> _Problem details_
Please count the lines of the data that contain "itself" and state only the total.

> _Materials provided_
-*-

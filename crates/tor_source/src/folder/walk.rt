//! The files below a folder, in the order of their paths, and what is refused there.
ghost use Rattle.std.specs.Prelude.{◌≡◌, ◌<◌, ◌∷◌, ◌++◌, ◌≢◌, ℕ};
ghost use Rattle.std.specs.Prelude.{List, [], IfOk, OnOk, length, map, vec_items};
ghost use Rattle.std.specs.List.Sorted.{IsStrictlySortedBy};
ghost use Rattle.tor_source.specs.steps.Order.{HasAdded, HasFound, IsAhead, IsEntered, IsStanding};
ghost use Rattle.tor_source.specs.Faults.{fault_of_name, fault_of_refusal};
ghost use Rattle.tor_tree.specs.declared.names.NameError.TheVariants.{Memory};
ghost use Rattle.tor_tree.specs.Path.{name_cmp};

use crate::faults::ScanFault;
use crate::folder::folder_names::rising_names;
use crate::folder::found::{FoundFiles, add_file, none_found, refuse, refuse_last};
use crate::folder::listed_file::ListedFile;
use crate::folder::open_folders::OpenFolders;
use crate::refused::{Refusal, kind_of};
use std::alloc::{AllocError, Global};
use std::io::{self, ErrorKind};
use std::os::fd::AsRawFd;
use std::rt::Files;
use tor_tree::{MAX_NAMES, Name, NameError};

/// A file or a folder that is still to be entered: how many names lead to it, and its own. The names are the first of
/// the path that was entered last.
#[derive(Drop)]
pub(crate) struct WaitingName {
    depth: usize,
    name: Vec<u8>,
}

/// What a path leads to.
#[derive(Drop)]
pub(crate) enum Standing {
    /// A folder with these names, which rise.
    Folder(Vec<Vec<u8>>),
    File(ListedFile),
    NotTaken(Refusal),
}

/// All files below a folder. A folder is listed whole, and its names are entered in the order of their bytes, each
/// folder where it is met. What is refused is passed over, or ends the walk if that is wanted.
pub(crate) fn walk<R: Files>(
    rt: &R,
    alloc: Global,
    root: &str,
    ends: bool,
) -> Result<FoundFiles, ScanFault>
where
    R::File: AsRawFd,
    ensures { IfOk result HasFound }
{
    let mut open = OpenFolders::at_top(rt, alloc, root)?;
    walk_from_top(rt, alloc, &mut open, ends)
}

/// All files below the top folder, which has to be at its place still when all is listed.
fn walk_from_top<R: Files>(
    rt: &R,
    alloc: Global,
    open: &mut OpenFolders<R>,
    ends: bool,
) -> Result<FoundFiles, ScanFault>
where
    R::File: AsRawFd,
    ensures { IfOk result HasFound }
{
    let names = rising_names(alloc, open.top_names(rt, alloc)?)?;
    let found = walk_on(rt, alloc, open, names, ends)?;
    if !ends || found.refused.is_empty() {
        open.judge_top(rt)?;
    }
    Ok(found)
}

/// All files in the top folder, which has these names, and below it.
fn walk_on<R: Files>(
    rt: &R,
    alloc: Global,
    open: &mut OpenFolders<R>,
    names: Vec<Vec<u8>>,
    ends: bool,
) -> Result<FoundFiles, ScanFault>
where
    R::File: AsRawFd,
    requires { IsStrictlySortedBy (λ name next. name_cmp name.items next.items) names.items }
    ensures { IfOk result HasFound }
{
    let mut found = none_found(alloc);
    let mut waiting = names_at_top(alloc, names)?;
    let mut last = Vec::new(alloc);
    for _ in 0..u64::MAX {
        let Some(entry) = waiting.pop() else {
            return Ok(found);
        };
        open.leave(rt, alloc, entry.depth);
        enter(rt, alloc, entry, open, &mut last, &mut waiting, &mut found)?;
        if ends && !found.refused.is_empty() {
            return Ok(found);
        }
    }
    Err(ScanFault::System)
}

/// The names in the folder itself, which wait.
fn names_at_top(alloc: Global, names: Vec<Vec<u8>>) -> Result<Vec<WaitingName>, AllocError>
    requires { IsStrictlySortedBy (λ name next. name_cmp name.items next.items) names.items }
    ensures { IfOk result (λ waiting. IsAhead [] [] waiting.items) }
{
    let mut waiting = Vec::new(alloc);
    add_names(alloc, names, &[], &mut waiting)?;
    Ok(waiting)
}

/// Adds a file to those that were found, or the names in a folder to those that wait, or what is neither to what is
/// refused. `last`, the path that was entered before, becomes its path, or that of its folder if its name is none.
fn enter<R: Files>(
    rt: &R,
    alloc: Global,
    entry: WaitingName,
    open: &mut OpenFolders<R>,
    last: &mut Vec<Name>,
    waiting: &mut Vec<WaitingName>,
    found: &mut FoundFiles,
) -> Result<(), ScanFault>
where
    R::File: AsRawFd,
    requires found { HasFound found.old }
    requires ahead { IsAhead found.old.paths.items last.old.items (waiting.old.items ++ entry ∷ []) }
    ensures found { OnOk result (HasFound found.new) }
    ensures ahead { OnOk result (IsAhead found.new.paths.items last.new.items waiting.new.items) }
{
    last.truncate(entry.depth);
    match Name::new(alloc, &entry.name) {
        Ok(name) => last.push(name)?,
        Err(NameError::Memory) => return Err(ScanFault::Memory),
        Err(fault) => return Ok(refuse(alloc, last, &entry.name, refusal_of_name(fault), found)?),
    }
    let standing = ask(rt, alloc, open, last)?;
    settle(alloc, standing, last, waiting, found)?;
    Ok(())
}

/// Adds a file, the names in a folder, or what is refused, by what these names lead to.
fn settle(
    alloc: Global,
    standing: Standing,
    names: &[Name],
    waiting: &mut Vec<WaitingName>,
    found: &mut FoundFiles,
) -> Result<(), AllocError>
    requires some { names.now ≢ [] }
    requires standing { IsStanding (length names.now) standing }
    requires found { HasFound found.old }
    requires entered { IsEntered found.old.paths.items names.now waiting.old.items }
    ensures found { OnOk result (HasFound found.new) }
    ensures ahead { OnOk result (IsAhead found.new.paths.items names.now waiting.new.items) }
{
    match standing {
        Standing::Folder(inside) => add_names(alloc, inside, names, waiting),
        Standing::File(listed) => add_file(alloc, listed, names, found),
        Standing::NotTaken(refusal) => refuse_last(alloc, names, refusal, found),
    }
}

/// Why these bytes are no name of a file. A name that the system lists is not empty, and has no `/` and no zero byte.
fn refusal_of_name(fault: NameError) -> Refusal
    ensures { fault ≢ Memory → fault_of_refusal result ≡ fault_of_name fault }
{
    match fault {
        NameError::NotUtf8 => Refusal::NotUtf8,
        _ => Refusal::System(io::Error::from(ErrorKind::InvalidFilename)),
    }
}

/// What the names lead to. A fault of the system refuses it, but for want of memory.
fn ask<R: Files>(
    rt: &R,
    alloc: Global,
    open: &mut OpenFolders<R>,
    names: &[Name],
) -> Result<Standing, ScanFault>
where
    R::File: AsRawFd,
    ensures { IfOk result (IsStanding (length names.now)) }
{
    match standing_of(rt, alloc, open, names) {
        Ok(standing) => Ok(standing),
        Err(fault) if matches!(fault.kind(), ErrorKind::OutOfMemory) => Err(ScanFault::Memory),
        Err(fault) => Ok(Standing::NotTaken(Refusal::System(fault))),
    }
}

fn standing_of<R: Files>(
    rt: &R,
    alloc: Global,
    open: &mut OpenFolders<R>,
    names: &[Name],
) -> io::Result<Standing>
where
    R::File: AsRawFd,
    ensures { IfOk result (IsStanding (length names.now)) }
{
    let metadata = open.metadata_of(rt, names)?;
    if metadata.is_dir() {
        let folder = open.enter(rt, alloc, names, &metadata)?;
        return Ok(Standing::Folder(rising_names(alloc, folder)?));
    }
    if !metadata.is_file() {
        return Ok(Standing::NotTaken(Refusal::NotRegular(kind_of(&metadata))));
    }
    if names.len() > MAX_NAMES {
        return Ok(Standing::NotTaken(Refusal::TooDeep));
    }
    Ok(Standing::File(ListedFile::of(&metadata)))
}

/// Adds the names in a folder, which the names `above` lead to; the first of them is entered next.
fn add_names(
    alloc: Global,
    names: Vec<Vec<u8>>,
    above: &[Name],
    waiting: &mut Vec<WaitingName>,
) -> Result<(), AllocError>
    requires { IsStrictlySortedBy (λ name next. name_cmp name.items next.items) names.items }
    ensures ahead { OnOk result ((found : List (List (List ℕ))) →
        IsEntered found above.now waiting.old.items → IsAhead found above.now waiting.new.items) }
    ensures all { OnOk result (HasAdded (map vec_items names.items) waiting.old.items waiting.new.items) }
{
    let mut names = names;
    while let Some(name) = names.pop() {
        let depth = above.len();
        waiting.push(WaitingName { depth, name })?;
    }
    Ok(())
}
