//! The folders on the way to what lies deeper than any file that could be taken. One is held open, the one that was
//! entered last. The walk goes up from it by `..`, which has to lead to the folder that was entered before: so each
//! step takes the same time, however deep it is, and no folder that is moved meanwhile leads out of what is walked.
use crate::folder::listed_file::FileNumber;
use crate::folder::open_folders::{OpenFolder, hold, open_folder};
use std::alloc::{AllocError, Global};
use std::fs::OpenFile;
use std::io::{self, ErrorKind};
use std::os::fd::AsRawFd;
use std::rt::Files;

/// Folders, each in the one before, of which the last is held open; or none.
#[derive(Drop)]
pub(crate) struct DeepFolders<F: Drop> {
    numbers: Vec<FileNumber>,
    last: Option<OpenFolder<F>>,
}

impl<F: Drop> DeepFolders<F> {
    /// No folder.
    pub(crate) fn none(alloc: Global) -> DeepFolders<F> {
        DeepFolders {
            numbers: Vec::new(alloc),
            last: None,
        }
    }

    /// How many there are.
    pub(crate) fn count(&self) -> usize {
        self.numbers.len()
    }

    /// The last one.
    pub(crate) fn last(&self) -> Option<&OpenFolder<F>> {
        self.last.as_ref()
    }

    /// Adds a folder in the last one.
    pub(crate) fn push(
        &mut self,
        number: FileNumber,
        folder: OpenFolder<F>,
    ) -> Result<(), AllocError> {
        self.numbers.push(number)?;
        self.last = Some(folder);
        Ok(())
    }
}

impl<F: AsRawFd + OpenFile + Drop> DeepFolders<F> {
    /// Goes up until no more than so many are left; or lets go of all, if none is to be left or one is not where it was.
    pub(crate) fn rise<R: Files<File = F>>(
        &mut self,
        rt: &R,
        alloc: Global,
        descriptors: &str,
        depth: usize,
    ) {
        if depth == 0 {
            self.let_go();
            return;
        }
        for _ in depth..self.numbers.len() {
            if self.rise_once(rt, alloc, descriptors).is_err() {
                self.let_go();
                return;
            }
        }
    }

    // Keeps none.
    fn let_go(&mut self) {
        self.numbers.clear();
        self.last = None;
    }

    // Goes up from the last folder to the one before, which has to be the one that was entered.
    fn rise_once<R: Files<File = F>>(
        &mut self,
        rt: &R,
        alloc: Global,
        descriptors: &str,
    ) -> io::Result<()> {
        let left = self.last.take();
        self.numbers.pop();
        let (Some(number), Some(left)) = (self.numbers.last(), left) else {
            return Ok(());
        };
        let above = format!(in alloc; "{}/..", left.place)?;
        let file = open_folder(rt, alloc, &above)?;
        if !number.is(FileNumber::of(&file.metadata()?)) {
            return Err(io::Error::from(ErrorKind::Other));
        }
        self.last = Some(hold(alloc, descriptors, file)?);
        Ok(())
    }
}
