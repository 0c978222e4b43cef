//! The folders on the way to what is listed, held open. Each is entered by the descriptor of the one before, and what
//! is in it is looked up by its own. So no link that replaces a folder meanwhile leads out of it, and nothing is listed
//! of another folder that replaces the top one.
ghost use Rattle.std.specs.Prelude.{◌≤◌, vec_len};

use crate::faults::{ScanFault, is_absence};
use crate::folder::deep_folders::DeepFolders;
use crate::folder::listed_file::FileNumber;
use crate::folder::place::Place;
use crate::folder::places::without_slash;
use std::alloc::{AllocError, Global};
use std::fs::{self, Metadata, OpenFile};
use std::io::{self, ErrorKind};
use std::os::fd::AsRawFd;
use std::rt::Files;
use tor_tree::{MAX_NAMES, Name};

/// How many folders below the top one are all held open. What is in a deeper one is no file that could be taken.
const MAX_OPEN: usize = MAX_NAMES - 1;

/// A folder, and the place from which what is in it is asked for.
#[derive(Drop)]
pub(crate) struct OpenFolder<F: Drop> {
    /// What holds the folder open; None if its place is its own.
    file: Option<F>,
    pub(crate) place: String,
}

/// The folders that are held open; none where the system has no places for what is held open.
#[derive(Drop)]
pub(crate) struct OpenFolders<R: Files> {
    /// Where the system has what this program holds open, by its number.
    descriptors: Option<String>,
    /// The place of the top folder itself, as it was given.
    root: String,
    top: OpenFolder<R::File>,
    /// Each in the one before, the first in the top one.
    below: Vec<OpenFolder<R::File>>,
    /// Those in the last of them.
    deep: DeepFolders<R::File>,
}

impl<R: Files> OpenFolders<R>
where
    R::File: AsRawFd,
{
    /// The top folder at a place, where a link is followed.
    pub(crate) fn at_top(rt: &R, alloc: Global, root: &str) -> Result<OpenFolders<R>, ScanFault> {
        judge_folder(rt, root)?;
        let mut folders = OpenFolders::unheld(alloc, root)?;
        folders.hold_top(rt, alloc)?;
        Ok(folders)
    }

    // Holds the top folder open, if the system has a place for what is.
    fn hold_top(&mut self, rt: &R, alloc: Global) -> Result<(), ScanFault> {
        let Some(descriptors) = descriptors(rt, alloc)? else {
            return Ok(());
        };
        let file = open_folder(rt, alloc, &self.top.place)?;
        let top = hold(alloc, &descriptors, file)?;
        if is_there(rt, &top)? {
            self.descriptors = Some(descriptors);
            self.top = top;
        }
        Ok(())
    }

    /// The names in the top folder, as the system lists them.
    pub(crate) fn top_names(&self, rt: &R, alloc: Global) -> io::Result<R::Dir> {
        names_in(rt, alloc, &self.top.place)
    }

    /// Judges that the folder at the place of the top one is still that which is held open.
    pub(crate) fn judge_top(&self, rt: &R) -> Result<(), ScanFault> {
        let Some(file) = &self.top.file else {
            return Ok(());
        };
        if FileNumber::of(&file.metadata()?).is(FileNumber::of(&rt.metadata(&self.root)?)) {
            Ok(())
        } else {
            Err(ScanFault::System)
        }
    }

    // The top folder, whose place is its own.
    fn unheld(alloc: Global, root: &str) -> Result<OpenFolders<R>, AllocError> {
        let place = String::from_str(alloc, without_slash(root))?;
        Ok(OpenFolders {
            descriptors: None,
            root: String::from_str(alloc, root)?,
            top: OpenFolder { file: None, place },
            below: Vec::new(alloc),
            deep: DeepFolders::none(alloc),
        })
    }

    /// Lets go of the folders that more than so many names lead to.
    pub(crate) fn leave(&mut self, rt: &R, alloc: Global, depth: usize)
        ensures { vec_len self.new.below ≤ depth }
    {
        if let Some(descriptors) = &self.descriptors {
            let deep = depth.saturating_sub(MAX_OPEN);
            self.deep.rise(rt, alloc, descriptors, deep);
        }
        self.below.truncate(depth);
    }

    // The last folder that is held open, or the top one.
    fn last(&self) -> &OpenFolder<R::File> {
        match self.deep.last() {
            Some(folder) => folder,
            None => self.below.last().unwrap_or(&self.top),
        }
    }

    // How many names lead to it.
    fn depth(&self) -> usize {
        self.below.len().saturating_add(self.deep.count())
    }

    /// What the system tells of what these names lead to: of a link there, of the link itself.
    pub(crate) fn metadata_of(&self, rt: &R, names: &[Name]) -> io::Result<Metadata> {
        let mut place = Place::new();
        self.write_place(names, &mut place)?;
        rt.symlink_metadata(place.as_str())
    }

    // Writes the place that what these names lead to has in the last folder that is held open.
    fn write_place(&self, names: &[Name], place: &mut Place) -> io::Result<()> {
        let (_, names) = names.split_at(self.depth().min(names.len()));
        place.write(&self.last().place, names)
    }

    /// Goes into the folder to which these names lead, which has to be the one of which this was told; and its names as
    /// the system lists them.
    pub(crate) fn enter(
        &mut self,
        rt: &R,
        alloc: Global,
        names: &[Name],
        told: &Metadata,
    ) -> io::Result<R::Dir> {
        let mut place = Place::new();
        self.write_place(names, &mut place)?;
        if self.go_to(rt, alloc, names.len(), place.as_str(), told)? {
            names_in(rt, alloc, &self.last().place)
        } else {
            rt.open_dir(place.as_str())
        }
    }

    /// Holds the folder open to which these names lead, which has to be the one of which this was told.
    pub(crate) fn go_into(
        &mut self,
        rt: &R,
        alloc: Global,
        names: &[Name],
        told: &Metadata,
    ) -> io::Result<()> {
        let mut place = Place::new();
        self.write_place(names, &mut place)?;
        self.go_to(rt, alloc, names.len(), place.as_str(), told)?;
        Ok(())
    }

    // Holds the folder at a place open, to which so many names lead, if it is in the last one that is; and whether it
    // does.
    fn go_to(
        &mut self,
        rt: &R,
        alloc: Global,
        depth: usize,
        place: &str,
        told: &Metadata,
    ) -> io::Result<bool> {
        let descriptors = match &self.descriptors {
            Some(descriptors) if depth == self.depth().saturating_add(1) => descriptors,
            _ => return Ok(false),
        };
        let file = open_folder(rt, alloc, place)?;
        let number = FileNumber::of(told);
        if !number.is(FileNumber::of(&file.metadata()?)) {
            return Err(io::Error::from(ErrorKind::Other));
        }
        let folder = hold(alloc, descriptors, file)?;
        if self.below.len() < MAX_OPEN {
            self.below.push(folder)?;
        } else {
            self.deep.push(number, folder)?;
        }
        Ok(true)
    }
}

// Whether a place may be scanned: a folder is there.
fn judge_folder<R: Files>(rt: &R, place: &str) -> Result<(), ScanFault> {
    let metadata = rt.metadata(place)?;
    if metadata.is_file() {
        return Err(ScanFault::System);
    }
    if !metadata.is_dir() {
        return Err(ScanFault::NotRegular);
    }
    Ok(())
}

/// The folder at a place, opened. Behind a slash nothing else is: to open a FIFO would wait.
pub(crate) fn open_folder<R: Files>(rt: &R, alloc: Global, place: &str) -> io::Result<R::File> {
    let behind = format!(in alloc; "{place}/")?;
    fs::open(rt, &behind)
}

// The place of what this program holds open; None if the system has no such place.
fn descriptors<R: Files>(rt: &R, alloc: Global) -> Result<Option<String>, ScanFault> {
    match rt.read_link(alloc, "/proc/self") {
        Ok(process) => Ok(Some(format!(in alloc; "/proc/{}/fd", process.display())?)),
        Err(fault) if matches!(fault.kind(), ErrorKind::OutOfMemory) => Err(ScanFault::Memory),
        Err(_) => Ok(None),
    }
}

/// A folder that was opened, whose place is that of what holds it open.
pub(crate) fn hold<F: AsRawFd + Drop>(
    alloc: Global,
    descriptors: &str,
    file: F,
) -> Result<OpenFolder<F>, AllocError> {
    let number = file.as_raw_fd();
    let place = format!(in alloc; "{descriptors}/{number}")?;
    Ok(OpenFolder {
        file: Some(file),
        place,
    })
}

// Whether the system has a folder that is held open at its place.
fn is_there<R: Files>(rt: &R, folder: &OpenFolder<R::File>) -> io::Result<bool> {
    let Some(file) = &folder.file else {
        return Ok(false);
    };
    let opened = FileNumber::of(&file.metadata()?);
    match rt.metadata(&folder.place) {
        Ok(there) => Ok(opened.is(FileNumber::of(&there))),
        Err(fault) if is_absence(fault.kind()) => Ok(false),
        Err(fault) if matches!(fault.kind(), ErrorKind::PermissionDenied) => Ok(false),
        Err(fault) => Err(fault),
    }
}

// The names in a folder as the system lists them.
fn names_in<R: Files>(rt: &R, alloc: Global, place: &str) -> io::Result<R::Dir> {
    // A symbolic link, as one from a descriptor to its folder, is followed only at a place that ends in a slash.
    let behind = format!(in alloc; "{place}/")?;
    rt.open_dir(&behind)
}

-*-

> _Your solution_
3